[Stored data]
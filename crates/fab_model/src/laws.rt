//! The laws of the definitions. A function here does nothing: its contract is the law.

ghost use Rattle.fab_model.specs.Laws.{
  BoundReportTellsSchedule,
  EveryOrderEndsAlike,
  LawfulIsReached,
  LawfulReportTellsSchedule,
  ReportTellsSchedule,
  TheReplayIsAnOrder,
};

/// Every order of turns leads to the same end.
///
/// Peers take the steps of a schedule in turns, each its own steps in their order, and each step
/// when its condition holds. Whoever of those that can takes the next turn, at the end all states
/// and all steps left over are the same, and the replay is one of these orders. So a schedule is
/// lawful exactly where some order of turns takes all its steps, and every such order ends in the
/// states that the replay ends in. This holds for every bound script and every schedule.
pub fn law_l5()
    ensures alike { EveryOrderEndsAlike }
    ensures replay { TheReplayIsAnOrder }
    ensures lawful { LawfulIsReached }
{}

/// A report tells its schedule.
///
/// The trace lines of a report, read back, are the schedule from which it was made, whatever
/// entries, results and numbers stand in its other lines. The schedule has one list of steps for
/// each peer, and the numbers in its steps have at most 64 digits, since no more are written. A
/// lawful schedule of a bound script has only numbers of the script's peers.
pub fn law_l6()
    ensures any { ReportTellsSchedule }
    ensures bound { BoundReportTellsSchedule }
    ensures lawful { LawfulReportTellsSchedule }
{}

Problem statement: Show every line above in which the word "turns" is found.

Solution to this problem:
/// Every order of turns leads to the same end.
/// Peers take the steps of a schedule in turns, each its own steps in their order, and each step
/// lawful exactly where some order of turns takes all its steps, and every such order ends in the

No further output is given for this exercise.